Fellows are encouraged to pursue additional coursework through the School of Medicine or the Bloomberg School of Public Health (JHBSPH) during the second and third fellowship years. Potential mechanisms to support this additional training include the ID Divisional fellowship Institutional National Research Service Award (T32 grant), the 16 free credits granted to post-doctoral fellows, or by pursuing a doctoral or master’s degree through the JHBSPH Graduate Training Programs in Clinical Investigation.

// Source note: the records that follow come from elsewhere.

// Who may not attach.
use super::broker::Broker;
use super::chime::bell;
use super::letters::{BEFORE, play};
use super::world::{Scene, come, open, sit, topic_name, with_rows};
use delivery_machine::Fault;
use std::process::Abort;
use std::rt::Clock;
use std::sync::Wait;
use std::test::*;

fn refusal<D: Broker, R: Abort + AllocGlobal + Wait>(
    rt: &R,
    topics: &D,
    name: &str,
    create: bool,
) -> Option<Fault> {
    come(rt, topics, &topic_name(rt, name), create, bell(rt)).err()
}

fn expect_fault<R: Abort>(rt: &R, got: Option<Fault>, want: Option<Fault>) {
    assert_eq!(rt; got, want);
}

fn check_refusal<D: Broker, R: Abort + AllocGlobal + Wait>(
    rt: &R,
    topics: &D,
    create: bool,
    want: Option<Fault>,
) {
    let got = refusal(rt, topics, "persistent://public/default/t", create);
    expect_fault(rt, got, want);
}

#[derive(Clone, Copy)]
struct Refusals;

impl Scene for Refusals {
    fn play<D: Broker, R: Abort + AllocGlobal + Wait + Clock>(&self, rt: &R, keeper: D::Rows) {
        let topics: D = open(rt, keeper, 1);
        check_refusal(rt, &topics, false, Some(Fault::NoSuchSubscription));
        let seat = sit(rt, &topics, "persistent://public/default/t");
        check_refusal(rt, &topics, false, Some(Fault::NoRoom));
        play(rt, &topics, &seat, &BEFORE);
        topics.detach(rt, seat);
        check_refusal(rt, &topics, false, None);
        topics.close(rt);
        check_refusal(rt, &topics, true, Some(Fault::StoreFailed));
    }
}

#[test]
fn each_attach_that_cannot_be_is_refused(rt: HostRuntime) {
    with_rows(&rt, &Refusals);
}
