use crate::calls::{AMPLE, Answer, Devices, must_answer};
use std::test::Fail;

const WORDS: &[&[u8]] = &[b"routes", b"t"];

const SQUARE: &[u8] = b"switches = [\"s1\", \"s2\", \"s3\", \"s4\"]
links = [[\"s1\", \"s2\"], [\"s1\", \"s3\"], [\"s2\", \"s4\"], [\"s3\", \"s4\"]]
[ports]
1 = \"s1\"
2 = \"s1\"
3 = \"s2\"
4 = \"s2\"
5 = \"s3\"
6 = \"s4\"
";

const SQUARE_ROUTES: &[u8] = b"route s1 s2 1 s2
route s1 s3 1 s3
route s1 s4 2 s2
route s2 s1 1 s1
route s2 s3 2 s1
route s2 s4 1 s4
route s3 s1 1 s1
route s3 s2 2 s1
route s3 s4 1 s4
route s4 s1 2 s2
route s4 s2 1 s2
route s4 s3 1 s3
diameter 2
end
";

const FILES: &[(&[u8], &[u8])] = &[(b"t", SQUARE)];

#[test]
fn routes_of_a_square_are_written(rt: HostRuntime) -> Result<(), Fail> {
    let whole = Answer {
        status: 0,
        out: SQUARE_ROUTES,
        err: b"",
    };
    must_answer(&rt, rt.alloc(), WORDS, FILES, AMPLE, whole)
}

#[test]
fn routes_stop_where_a_device_fails(rt: HostRuntime) -> Result<(), Fail> {
    // Each line from s1 has 17 bytes.
    let devices = Devices {
        write_most: 17,
        write_fails: &[2],
        ..AMPLE
    };
    let cut = Answer {
        status: 3,
        out: b"route s1 s2 1 s2\nroute s1 s3 1 s3\n",
        err: b"snapc: cannot write\n",
    };
    must_answer(&rt, rt.alloc(), WORDS, FILES, devices, cut)
}
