use crate::calls::{AMPLE, Answer, Devices, must_answer};
use std::test::Fail;

const READ_AND_WRITE: &[u8] = b"field srcport; array s; s[srcport] = 1 + s[srcport] <- 1";

const RACE: Answer<'static> = Answer {
    status: 10,
    out: b"",
    err: b"",
};

#[test]
fn a_race_that_cannot_be_told_is_answered(rt: HostRuntime) -> Result<(), Fail> {
    let untold = Devices {
        err_room: 0,
        ..AMPLE
    };
    let files: &[(&[u8], &[u8])] = &[(b"p", READ_AND_WRITE)];
    must_answer(&rt, rt.alloc(), &[b"check", b"p"], files, untold, RACE)
}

Clinical responsibilities during the second fellowship year include an HIV continuity clinic in the Bartlett Specialty Practice. Fellows who are interested in HIV care can also continue this clinic during the third year. Inpatient clinical responsibilities during years two and three are limited to weekend coverage (typically no more than eight weekends per year) and back-up (“jeopardy”) coverage (when needed, typically no more than eight weeks per year).

Elective opportunities during years two and three include work with the infection control/antimicrobial stewardship programs, pediatric infectious diseases, travel medicine and the Baltimore City Health Department (BCHD) TB and STD clinics.

Alternative Pathways

While most of our fellows follow the above trajectory, we have mentored fellows who have successfully followed other paths.

  • We encourage applications from physician-scientist trainees who wish to “fast track” through their Internal Medicine residency training in two years and pursue the ABIM research pathway.
  • Some of our fellows pursue primarily clinically oriented paths and complete their fellowship training in two years. The structure of the second year of fellowship for these trainees is developed in conjunction with the fellow’s mentor(s) and the program leadership, and reflects the fellow’s needs and goals.